- **Data entries**:

________________________

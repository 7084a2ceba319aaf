//! Reading the text of a list of lemmas byte by byte.
ghost use Rattle.std.specs.Prelude.{◌≡◌, ◌∷◌, [], ◌++◌, List, ℕ};
ghost use Rattle.lemma_text.specs.declared.item.Item.{Item};
ghost use Rattle.lemma_text.specs.Reader.{StandsFor, Says, Ends, Goes, tell};
ghost use Rattle.lemma_text.specs.Kept.{state_of, kept_state, FitsKept};
ghost use Rattle.lemma_text.specs.Telling.{is_between as starts_line};

use crate::item::Item;
use crate::part::{Part, PartNext, next_part, part_after};
use crate::parts::Word;
use std::marker::Model;

/// What became of the text with a byte.
#[derive(Clone, Copy, PartialEq, Eq)]
pub enum Fed {
    /// The bytes begin a text, and no piece ends with this one.
    More,
    /// A piece ends with this byte.
    Whole(Item),
    /// Here or before, the bytes stopped being the beginning of a text.
    Bad,
}

/// What the bytes are that end here.
#[derive(Clone, Copy, PartialEq, Eq)]
pub enum End {
    /// The text of a list.
    Whole,
    /// The beginning of a text, cut off within a piece.
    CutShort,
    /// No beginning of a text.
    Bad,
}

/// A reader of a list's text, byte by byte. It takes no memory, and keeps what it has read of the piece that isn't
/// whole yet.
///
/// A text has no mark at its end, and the text of one list may begin that of another. So whoever has the bytes tells
/// where they end, by `finish`.
#[derive(Drop)]
pub struct LemmaReader {
    // nothing after a fault
    part: Option<Part>,
}

impl Model for LemmaReader {
    ghost use Rattle.std.specs.Prelude.{Option};
    ghost use Rattle.lemma_text.specs.States.{State};

    ghost Value = { Option State };

    ghost use Rattle.lemma_text.specs.Kept.{kept_state, FitsKept};

    ghost view = { λ a. kept_state a.part };

    ghost invariant = { λ a. FitsKept a.part };
}

impl LemmaReader {
    /// A reader before the first byte.
    pub fn new() -> LemmaReader
        ensures { StandsFor result [] [] }
    {
        LemmaReader {
            part: Some(Part::Word {
                word: Word::Name,
                read: 0,
            }),
        }
    }

    /// Reads the next byte. After `Bad` every byte is answered so.
    pub fn feed(&mut self, byte: u8) -> Fed
        ensures stands { (bytes : List ℕ) (told : List Item) → StandsFor self.old bytes told → StandsFor self.new (bytes ++ byte ∷ []) (tell told result) }
        ensures says { (bytes : List ℕ) (told : List Item) → StandsFor self.old bytes told → Says bytes told byte result }
    {
        let (part, fed) = next_byte(self.part, byte);
        self.part = part;
        fed
    }

    /// What the bytes so far are, where no more come.
    pub fn finish(&self) -> End
        ensures { (bytes : List ℕ) (told : List Item) → StandsFor self.now bytes told → Ends bytes told result }
    {
        let Some(part) = self.part else {
            return End::Bad;
        };
        if is_between(part) {
            End::Whole
        } else {
            End::CutShort
        }
    }
}

// The next byte: what is kept after it, and what it tells.
fn next_byte(part: Option<Part>, byte: u8) -> (Option<Part>, Fed)
    requires { FitsKept part }
    ensures goes { Goes (kept_state part) byte (kept_state result.0) result.1 }
    ensures fits { FitsKept result.0 }
{
    let Some(part) = part else {
        return (None, Fed::Bad);
    };
    match next_part(part, byte) {
        PartNext::More(part) => (Some(part), Fed::More),
        PartNext::Whole(item) => (Some(part_after(item)), Fed::Whole(item)),
        PartNext::Wrong => (None, Fed::Bad),
    }
}

// Whether a line begins.
fn is_between(part: Part) -> bool
    ensures { result ≡ starts_line (state_of part) }
{
    match part {
        Part::Word { word: _, read: _ } => false,
        Part::Outcome => false,
        Part::Line(_) => true,
        Part::Begun(_) => false,
        Part::Lettered(_) => false,
        Part::Reached => false,
        Part::Number {
            slot: _,
            numeral: _,
        } => false,
    }
}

________________________

Copy out every line of the records that the string "finish" appears in.

/// where they end, by `finish`.
    pub fn finish(&self) -> End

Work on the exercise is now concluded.